Profilers (1997), written by Jeff Tarkington, about criminal profilers who base their analysis of prospective suspects on the crime scene investigation (C.S.I.) and their previous interviews with convicted serial killers. Here we see how FBI profilers John Douglas and Roy Hazelwood help to convict Wayne Bertram Williams, Robert Hansen, and Larry Gene Bell, though with a victim count of 2, Bell just qualifies as a serial killer. Of the 3 cases, Williams is the most curious, where it is said by Douglas that he "almost played out his own script" (whatever that means), and is seen to be stalked by the media before he is arrested and it appears that the police have named him as their prime suspect. Douglas' ploy to make Williams demonstrate his "anger" on trial is said to be the turning point in the case, though anger being interpreted as "rage" must certainly be subjective.

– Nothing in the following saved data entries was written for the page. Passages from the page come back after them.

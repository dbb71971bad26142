// Good code, or the first refusal that applies.
ghost use Rattle.std.specs.Prelude.{◌≡◌, not, drop, is_some, Some, None, MatchResult};
ghost use Rattle.code.specs.Step.{decode};
ghost use Rattle.code.specs.Code.{step_good};
ghost use Rattle.code.specs.Promise.{GoodCode};
ghost use Rattle.verifier.specs.Verdict.{flaw_of, fault_of, Lent, Refuses};

use crate::flaw::Flaw;
use crate::unchecked::Unchecked;
use code::{Code, Refusal};

// Whether code is good for these kinds; if not, the first refusal that applies: 1, 2, or 3 with the first step that isn't good.
// Code and kinds come as two slices, as `check` is lent them, whose signature is fixed; once checked they are a `Message`.
#[tactic(auto, using(crate::proofs::Scans::passed))]
pub fn verify(code: &[u8], kinds: &[u8]) -> Result<(), Refusal>
    ensures answer { MatchResult result (λ _. fault_of code.now kinds.now ≡ None) (λ f. fault_of code.now kinds.now ≡ Some f) }
    ensures exactly { MatchResult result (λ _. Lent code.now kinds.now × GoodCode kinds.now code.now) (λ f. Refuses code.now kinds.now f) }
{
    let mut unchecked = Unchecked {
        code: Code { bytes: code },
        kinds,
    };
    unchecked.limits()?;
    unchecked.scan();
    let left = unchecked.code.bytes;
    if code.is_empty() || !left.is_empty() {
        return Err(Refusal::Step(code.len() - left.len()));
    }
    Ok(())
}

// What is wrong with the step at this place, if anything is: that is what is asked, and so an `Option`. A place behind the end has no byte.
pub fn explain(code: &[u8], kinds: &[u8], at: usize) -> Option<Flaw>
    ensures value { result ≡ flaw_of kinds.now (drop at code.now) }
    ensures exactly { is_some result ≡ not (step_good decode kinds.now (drop at code.now)) }
{
    let left = Unchecked {
        code: Code {
            bytes: &code[at.min(code.len())..],
        },
        kinds,
    };
    left.behind_step().err()
}
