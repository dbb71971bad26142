// A checked message: good code with the kinds of its arguments. It is made once, and said any number of times without a check.
ghost use Rattle.std.specs.Prelude.{◌≡◌, ◌≤◌, true, length};
ghost use Rattle.code.specs.Step.{decode};
ghost use Rattle.code.specs.Code.{good};

use code::Code;

#[derive(Clone, Copy, Debug)]
pub struct Message<'a> {
    pub(crate) code: Code<'a>,
    // As bytes, as the entries are lent them, whose form is fixed: nothing is copied.
    pub(crate) kinds: &'a [u8],
    ghost short: { length code.bytes.now ≤ 4096 },
    ghost few: { length kinds.now ≤ 16 },
    ghost good: { good decode kinds.now code.bytes.now ≡ true },
}
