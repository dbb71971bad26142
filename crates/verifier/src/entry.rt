// The entry that checks code.
ghost use Rattle.std.specs.Prelude.{◌≡◌};
ghost use Rattle.verifier.specs.Verdict.{fault_of, answer, Exactly};

use crate::faults::verify;
use code::{Refusal, Said};

// Good or bad, or the number of the refusal: 1 past a limit, 2 for a kind.
pub fn check(code: &[u8], kinds: &[u8]) -> Said
    ensures answer { result ≡ answer (fault_of code.now kinds.now) }
    ensures exactly { Exactly code.now kinds.now result }
{
    match verify(code, kinds) {
        Ok(()) => Said::Good,
        Err(Refusal::Step(_)) => Said::Bad,
        Err(refusal) => refusal.into(),
    }
}
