// What is wrong with a step.
use thiserror::Error;

#[derive(Clone, Copy, Debug, PartialEq, Eq, Error)]
pub enum Flaw {
    #[error("there is no step")]
    Empty,
    #[error("no step begins with {0}")]
    Unknown(u8),
    #[error("the code ends before the step does")]
    Cut,
    #[error("thing {0} isn't told")]
    Untold(u8),
    #[error("it would go on behind the end of the code")]
    PastEnd,
}
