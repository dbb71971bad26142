// What is lent, before it is known to be a message: its limits, and one pass over the code, from step to step, by what is left of it.
ghost use Rattle.std.specs.Prelude.{◌≡◌, zero, ◌+◌, length, drop, nat_lt, IfOk};
ghost use Rattle.std.specs.List.{position};
ghost use Rattle.std.specs.Result.{result_err};
ghost use Rattle.code.specs.Step.{size, decode};
ghost use Rattle.code.specs.Code.{bad_at};
ghost use Rattle.verifier.specs.Verdict.{flaw_of, limit_fault};

use crate::flaw::Flaw;
use code::{Code, Kind, Refusal, Step};

#[derive(Clone, Copy, Debug)]
pub(crate) struct Unchecked<'c, 'k> {
    pub(crate) code: Code<'c>,
    pub(crate) kinds: &'k [u8],
}

impl<'c> Unchecked<'c, '_> {
    // The first limit that is passed, or the first kind that is none.
    pub(crate) fn limits(self) -> Result<(), Refusal>
        ensures { result_err result ≡ limit_fault self.entry.code.bytes.now self.entry.kinds.now }
    {
        if self.code.bytes.len() > Code::MAX_BYTES {
            return Err(Refusal::LongCode);
        }
        if self.kinds.len() > Code::MAX_ARGUMENTS {
            return Err(Refusal::ManyKinds);
        }
        match odd_kind(self.kinds) {
            Some(at) => Err(Refusal::Kind(at)),
            None => Ok(()),
        }
    }

    // What is left behind the step that begins here, or what is wrong with that step.
    #[tactic(auto, unfolding(code::specs::Step::size))]
    pub(crate) fn behind_step(self) -> Result<Code<'c>, Flaw>
        ensures flaw { result_err result ≡ flaw_of self.entry.kinds.now self.entry.code.bytes.now }
        ensures rest { IfOk result (λ rest. rest.bytes.now ≡ drop (size (decode self.entry.code.bytes.now)) self.entry.code.bytes.now) }
    {
        let (step, rest) = self.code.split_step();
        match step {
            Step::End => Ok(rest),
            Step::Argument(argument) if usize::from(argument) >= self.kinds.len() => {
                Err(Flaw::Untold(argument))
            }
            Step::Letters(_) | Step::Argument(_) if rest.bytes.is_empty() => Err(Flaw::PastEnd),
            Step::Letters(_) | Step::Argument(_) => Ok(rest),
            Step::Unknown(byte) => Err(Flaw::Unknown(byte)),
            Step::Cut if self.code.bytes.is_empty() => Err(Flaw::Empty),
            Step::Cut => Err(Flaw::Cut),
        }
    }

    // Goes on to the first step that isn't good, or to the end of the code: by recursion on what is left, which is compiled to a loop.
    #[tactic(auto, using(crate::proofs::Scans::stopped, crate::proofs::Scans::went_on))]
    pub(crate) fn scan(&mut self)
        ensures { bad_at decode zero self.old.kinds.now self.old.code.bytes.now + length self.new.code.bytes.now ≡ length self.old.code.bytes.now }
    {
        if let Ok(rest) = self.behind_step() {
            self.code = rest;
            self.scan();
        }
    }
}

// The place of the first kind that is none.
fn odd_kind(kinds: &[u8]) -> Option<usize>
    ensures { result ≡ position (nat_lt 1) kinds.now }
{
    kinds.iter().position(|kind| Kind::try_from(*kind).is_err())
}
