impl RouteWords {
    // Returns the words of no route.
    fn empty() -> RouteWords
        ensures { Held result [] }
    {
        RouteWords {
            sections: [0u64; MAX_SECTIONS],
            wants: [[0u64; 2]; MAX_ELEMENTS],
            conflicts: [0u64; MAX_ROUTES],
        }
    }

    // Gives section a to route k, which then conflicts with the routes that have it. Here and below the number of a route is below 64:
    // `Place` has the bound (`few`), and a type for the number would be made by both callers and in two loops, and unwrapped at each use.
    #[tactic(auto, using(bits::proofs::Bits::one_shl, crate::proofs::Words::held_passed))]
    fn pass(&mut self, k: usize, a: Section)
        requires { (k < 64) × IsSection a }
        ensures { (rs : List Route) → suc k ≡ length rs → Held self.old rs → Held self.new (to_last (add_section a.0) rs) }
    {
        let i = usize::from(a.0) - 1;
        self.conflicts[k] |= self.sections[i];
        self.sections[i] |= 1u64 << k;
    }

    // Notes that route k wants turnout e, from 1, diverted or straight, and conflicts with the routes that want it the other way.
    fn want(&mut self, k: usize, e: usize, diverted: bool)
        requires { (k < 64) × (1 ≤ e) × (e ≤ 256) }
        ensures { (rs : List Route) → suc k ≡ length rs → Held self.old rs → Held self.new (to_last (add_want e (state_of diverted)) rs) }
    {
        self.conflicts[k] |= self.wants[e - 1][usize::from(!diverted)];
        self.wants[e - 1][usize::from(diverted)] |= 1u64 << k;
    }

    // The byte of any two routes: the table is symmetric, and no route conflicts with itself.
    #[tactic(auto, using(crate::proofs::Conflict::bytes))]
    fn byte(&self, a: usize, b: usize) -> u8
        requires { (a < 64) × (b < 64) }
        ensures { (rs : List Route) → Held self.now rs → result ≡ pair_byte rs (a + 1) (b + 1) }
    {
        if b < a {
            return u8::from((self.conflicts[a] >> b) & 1 == 1);
        }
        if a < b {
            return u8::from((self.conflicts[b] >> a) & 1 == 1);
        }
        0
    }

    // Writes the bytes of route a with each route.
    #[tactic(auto, using(crate::proofs::Table::storing))]
    fn fill_row(&self, a: usize, row: &mut [u8])
        requires { (a < 64) × (length row.old ≤ 64) }
        ensures { (rs : List Route) → Held self.now rs → row.new ≡ list_of (length row.old) (λ b. pair_byte rs (a + 1) (b + 1)) }
    {
        for (b, byte) in row.iter_mut().enumerate() {
            *byte = self.byte(a, b);
        }
    }

    // Writes the bytes of all pairs of n routes.
    #[tactic(auto, using(crate::proofs::Table::storing))]
    fn fill(&self, n: usize, table: &mut [u8])
        requires { (n ≤ 64) × (length table.old ≡ n * n) }
        ensures { (rs : List Route) → length rs ≡ n → Held self.now rs → table.new ≡ table_of rs }
    {
        for a in 0..n {
            self.fill_row(a, &mut table[a * n..(a + 1) * n]);
        }
    }
}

Dahmer: Mystery of the Serial Killer (1993), written by Michael Husain, and focusing on one of the more grotesque serial killers Jeffrey Dahmer. This episode also traces past serial killers. Described as the "embodiment of evil" and like Haley's comet by his defence attorney - who thankfully "only appears once every 75 years", excerpts from Dahmer's trial are seen here as is his own address to the court, though Dahmer has his back to the camera. Forensic Psychiatrist Park Dietz diagnoses Dahmer as being accidently conditioned in puberty to associate sex with violence, control and mutilation, and though he is described as a necrophile, his taste is more for "sex zombies" created from the crude lobotomies of his victims, than corpses. Dietz also comments that Dahmer needed to be drunk to kill and dismember, with Dahmer's alcoholism said to be as compulsive as his murdering. The medical examiner describes what the police found in Dahmer's apartment as a "localised disaster", and the trial scenes also include the testimony of escaped victim Tracy Edwards, and Dahmer being abused histrionically by one of the victim's family. Perhaps because Dahmer was killed once imprisoned, his tale has a more mysterious resonance.

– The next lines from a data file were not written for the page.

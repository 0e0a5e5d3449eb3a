//! The program `hazard`: the words of the command line, the files of the file system, standard output.
#![tactic(auto)]

use hz_help::{read_words, tell, tell_wordless};
use hz_outside::{DiskFiles, Gathered, StdSink};
use hz_top::answer;
use std::process::ExitCode;

fn main(rt: HostRuntime) -> ExitCode {
    let words = match read_words(&rt) {
        Ok(words) => words,
        Err(error) => return tell_wordless(&rt, &error),
    };
    let mut files = DiskFiles::new(&rt);
    let mut out = Gathered::new(StdSink::new(&rt));
    let answer = answer(rt.alloc(), words.as_slice(), &mut files, &mut out);
    tell(&rt, &answer, files.first_lines());
    ExitCode::from(answer.status.code())
}
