// Run sheets (document 01, "Run sheet and run tool"): a sheet checked against a program by rules 16 to 18, and a line of values read into
// what a run starts at.
#![tactic(auto)]

mod answers; // answers.rt: what the entries take and hand back

ghost use Rattle.std.specs.Prelude.{◌≡◌, ◌≤◌, min, length, take, drop};
ghost use Rattle.theory.specs.Text.{split_lines};
ghost use Rattle.sheet.specs.Answers.{sheet_answer, row_answer, after_line};
ghost use Rattle.sheet.specs.Lines.{names_told, values_told, heading, Scans, rows_as, is_sheet_size};

pub use answers::{Names, Row, Sheet};
use columns::{all_within, named_columns, spread};
use fields::{Line, read_line};
use text::find;
use theory::{Refusal, refused};

// The line of names: its names, and the byte behind the line.
#[derive(Clone, Copy)]
struct Heading {
    names: Names,
    next: usize,
}

// A line of values: its numbers, before they go to their variables, or why it is turned down; and the byte behind the line.
#[derive(Clone, Copy)]
struct Scanned {
    numbers: Result<[u32; Names::COLUMNS], Refusal>,
    next: usize,
}

// Rules 16 and 17, for the line of names.
fn as_names(line: Option<Line>) -> Result<Names, Refusal>
    ensures { result ≡ names_told line }
{
    let Some(line) = line else {
        return refused(16, 1);
    };
    if !line.below {
        return refused(17, 1);
    }
    let count = line.count;
    match named_columns(line.numbers, count) {
        Some(columns) => Ok(Names { columns, count }),
        None => refused(17, 1),
    }
}

// Rules 16 and 18, for line `n` of the sheet.
fn as_values(
    line: Option<Line>,
    names: Names,
    capacities: [u32; Names::COLUMNS],
    n: usize,
) -> Result<[u32; Names::COLUMNS], Refusal>
    ensures { result ≡ values_told capacities names n line }
{
    let Some(line) = line else {
        return refused(16, n);
    };
    if line.count != names.count {
        return refused(16, n);
    }
    let numbers = line.numbers;
    let within = all_within(capacities, names.columns, names.count, numbers);
    if line.below && within {
        Ok(numbers)
    } else {
        refused(18, n)
    }
}

// The first line, as names for a program of so many variables, at most 32.
fn read_names(sheet: &[u8], variables: usize) -> Result<Heading, Refusal>
    ensures { result ≡ heading (min variables 32) sheet.now }
{
    let end = find(sheet, 0, b'\n');
    let bound = variables.min(Names::COLUMNS) as u64;
    let names = as_names(read_line(&sheet[0..end], true, bound))?;
    let next = (end + 1).min(sheet.len());
    Ok(Heading { names, next })
}

// The line that begins at `at`, as line `n` of values. A number that is too large for 32 bits is above any capacity.
// Always inlined, so that the numbers are not copied on the way to the caller.
#[inline(always)]
fn scan(
    sheet: &[u8],
    names: Names,
    capacities: [u32; Names::COLUMNS],
    n: usize,
    at: usize,
) -> Scanned
    requires { names.count ≤ 32 }
    ensures { Scans sheet.now names capacities n at result }
{
    let from = at.min(sheet.len());
    let end = find(sheet, from, b'\n');
    let line = read_line(&sheet[from..end], false, Line::ABOVE);
    Scanned {
        numbers: as_values(line, names, capacities, n),
        next: (end + 1).min(sheet.len()),
    }
}

// Every line of values, of which the first begins at `from`: how many there are.
fn rows(
    sheet: &[u8],
    names: Names,
    capacities: [u32; Names::COLUMNS],
    from: usize,
) -> Result<usize, Refusal>
    requires { (names.count ≤ 32) × (from ≤ length sheet.now) }
    ensures { result ≡ rows_as capacities (take names.count names.columns) (split_lines (drop from sheet.now)) }
{
    let mut at = from;
    let mut n: usize = 2;
    while at < sheet.len() {
        let line = scan(sheet, names, capacities, n, at);
        line.numbers?;
        at = line.next;
        n += 1;
    }
    Ok(n - 2)
}

// The size rules of 16.
fn is_sized(sheet: &[u8]) -> bool
    ensures { result ≡ is_sheet_size sheet.now }
{
    if sheet.len() == 0 {
        return false;
    }
    if Sheet::BYTES < sheet.len() {
        return false;
    }
    sheet[sheet.len() - 1] == b'\n'
}

// Rules 16 to 18 of a whole sheet, for a program of so many variables, at most 32, of these capacities.
pub fn check(
    sheet: &[u8],
    variables: usize,
    capacities: [u32; Names::COLUMNS],
) -> Result<Sheet, Refusal>
    ensures { result ≡ sheet_answer (min variables 32) capacities sheet.now }
{
    if !is_sized(sheet) {
        return refused(16, 0);
    }
    let head = read_names(sheet, variables)?;
    let names = head.names;
    let count = rows(sheet, names, capacities, head.next)?;
    Ok(Sheet { names, rows: count })
}

// Line `n` of the sheet, a line of values that begins at byte `at`.
pub fn row(
    sheet: &[u8],
    names: Names,
    capacities: [u32; Names::COLUMNS],
    n: usize,
    at: usize,
) -> Row
    ensures { result ≡ row_answer sheet.now names capacities n at }
{
    let columns = names.columns;
    let count = names.count.min(Names::COLUMNS);
    let line = scan(sheet, Names { columns, count }, capacities, n, at);
    let next = line.next;
    match line.numbers {
        Ok(numbers) => Row {
            values: spread(columns, count, numbers),
            next,
            fault: None,
        },
        Err(r) => Row {
            values: [0; Names::COLUMNS],
            next,
            fault: Some(r),
        },
    }
}

// The byte behind the names line, where line 2 begins.
pub fn first_row(sheet: &[u8]) -> usize
    ensures { result ≡ after_line sheet.now 0 }
{
    (find(sheet, 0, b'\n') + 1).min(sheet.len())
}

Buried Secrets (1996), written by Judy Cole, and about John Wayne Gacy, Jr. This episode has multiple use of the same imagery, especially one photo of Gacy that is zoomed in on over and over again, which reads as lazy film-making. We see Gacy dressed as Poco the clown, and the camera pours over handcuffs and rope, for expressionist effect, and we hear Gacy's voice from Defence Attorney's taped interviews. We are told he was such a social manipulator that he could "con people into killing them", and that his police confession was a "4 hour monologue". The weakness in this presentation is that it does not make clear the reality of Gacy's disposal of his victim's bodies under his house, where access looks decidely limited. However, some amusement comes from Gacy toying with his police surveillants, and his grim joke "I was only guilty of running a cemetary without a licence".

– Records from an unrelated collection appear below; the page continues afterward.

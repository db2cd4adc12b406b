// The types that this crate's entries take and hand back.
use theory::Refusal;

// The names line of a sheet, read: the variables of the columns in order, the first `count` of the array.
#[derive(Clone, Copy)]
pub struct Names {
    pub columns: [u8; Names::COLUMNS],
    pub count: usize,
}

impl Names {
    pub const COLUMNS: usize = columns::COLUMNS;
}

// A sheet that every rule lets pass: its names, and the number of its rows.
#[derive(Clone, Copy)]
pub struct Sheet {
    pub names: Names,
    pub rows: usize,
}

impl Sheet {
    pub const BYTES: usize = 4096;
}

// A line of values, read: the values that the 32 variables start at, the byte behind the line, and why it is turned down, if it is.
#[derive(Drop)]
pub struct Row {
    pub values: [u32; Names::COLUMNS],
    pub next: usize,
    pub fault: Option<Refusal>,
}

Charles Manson: Journey into Evil (1995), written by Alan Goldberg. This episode is unique in that we see Manson interviewed to-camera, though I could have done without the faux flames over one photo of him. Roman Polanski's emotional press conference after the death of his wife Sharon Tate by Manson's "family" is interrupted, though Patricia Krenwinkel's telling of the Tate house murders is chilling without being graphic.